Copy each line below that includes "SameRange".

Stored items
- - - - -

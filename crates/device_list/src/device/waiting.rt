//! What waits in a device, as it is saved and taken up again.

ghost use Rattle.std.specs.Prelude.{◌≡◌, ◌^◌, ◌≤◌, ◌++◌, ℕ, List, Some, length};
ghost use Rattle.device_list.specs.Model.{ModelState};
ghost use Rattle.device_list.specs.Waiting.{AreOfOneType, Reads, ReadsPast, refilled, waiting_in, with_waiting_of};

use crate::device::VirtioDevice;
use crate::waiting::Reader;
use std::alloc::Allocator;

impl<A: Allocator> VirtioDevice<A> {
    /// In how many bytes what waits is saved.
    pub(crate) fn waiting_len(&self) -> usize
        ensures len { result ≡ length (waiting_in self.now.model) }
        ensures most { result ≤ 2 ^ 18 }
    {
        self.model.waiting_len()
    }

    /// Writes that into a buffer of that length.
    pub(crate) fn write_waiting(&self, into: &mut [u8])
        requires len { length into.old ≡ length (waiting_in self.now.model) }
        ensures text { into.new ≡ waiting_in self.now.model }
        ensures back { (other : ModelState) (rest : List ℕ) → AreOfOneType self.now.model other →
            refilled other (waiting_in self.now.model ++ rest) ≡ Some (with_waiting_of self.now.model other, rest) }
    {
        self.model.write_waiting(into);
    }

    /// Reads past what waits. There is no answer where the bytes can't be so.
    pub(crate) fn read_past(&self, left: &mut Reader<'_>) -> Option<()>
        ensures { ReadsPast (refilled self.now.model) left.old.left.now result left.new.left.now }
    {
        self.model.read_past(left)
    }

    /// Has what these bytes say wait, in the place of all that does. There is no answer where the bytes can't be so.
    pub(crate) fn refill(&mut self, left: &mut Reader<'_>) -> Option<()>
        ensures refilled { Reads (refilled self.old.model) (λ x. self.new.model) left.old.left.now result left.new.left.now }
        ensures window { self.new.window ≡ self.old.window }
    {
        self.model.refill(left)
    }
}
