//! A device that is a disk over the image.

ghost use Rattle.std.specs.Prelude.{◌≡◌, IsSome, nat_lt};
ghost use Rattle.guest_memory.specs.Memory.{SameRange};
ghost use Rattle.block_device.specs.Extent.{IsWithin, StaysInExtent, TouchesExtent};
ghost use Rattle.device_list.specs.Device.{IsSoundDevice};
ghost use Rattle.device_list.specs.Image.{ServesImageTo};
ghost use Rattle.device_list.specs.List.{has_some_of};
ghost use Rattle.device_list.specs.Model.{image_of};

use crate::device::VirtioDevice;
use crate::extent::do_overlap;
use block_device::{BlockDevice, Extent, Piece};
use chain::{Budget, Chain};
use guest_memory::GuestMemory;
use mmio_window::Stage;
use sector_cache::{Image, SectorCache};
use std::alloc::Allocator;

impl<A: Allocator> VirtioDevice<A> {
    /// The disk over the image that it is, if it is one.
    pub(crate) fn image_disk(&self) -> Option<BlockDevice>
        ensures { result ≡ image_of self.now.model }
    {
        self.model.image_disk()
    }

    /// Whether it is a disk over the image that has one of these spare sectors.
    pub(crate) fn has_some_of(&self, extent: Extent) -> bool
        ensures { result ≡ has_some_of extent self.now }
    {
        match self.image_disk() {
            Some(disk) => do_overlap(extent, disk.extent),
            None => false,
        }
    }

    /// Serves a piece of its request queue as this disk, within the budget.
    pub(crate) fn serve_image<M: Allocator, I: Image, C: Allocator + Copy>(
        &mut self,
        disk: BlockDevice,
        mem: &mut GuestMemory<M>,
        cache: &mut SectorCache<I, C>,
        stage: Stage,
        budget: Budget,
        room: &mut Chain,
    ) -> Piece
        requires image { IsSome (image_of self.old.model) }
        requires sound { IsSoundDevice mem.old self.old }
        requires lies { IsWithin (I.disk cache.old).sector_count disk.extent }
        ensures serves { ServesImageTo stage budget result.progress disk (I.disk cache.old) (I.disk cache.new)
            mem.old mem.new self.old self.new }
        ensures failed { result.failed ≡ nat_lt (I.disk cache.old).failures (I.disk cache.new).failures }
        ensures stays { StaysInExtent disk.extent (I.disk cache.old) (I.disk cache.new) }
        ensures touches { TouchesExtent I.moment I.may_leave I.left_since disk.extent cache.old cache.new }
        ensures range { SameRange mem.old mem.new }
        ensures sound { IsSoundDevice mem.new self.new }
    {
        disk.serve_piece(mem, &mut self.window, cache, stage, budget, room)
    }
}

- - - - -

Exercise output:
ghost use Rattle.guest_memory.specs.Memory.{SameRange};
        ensures range { SameRange mem.old mem.new }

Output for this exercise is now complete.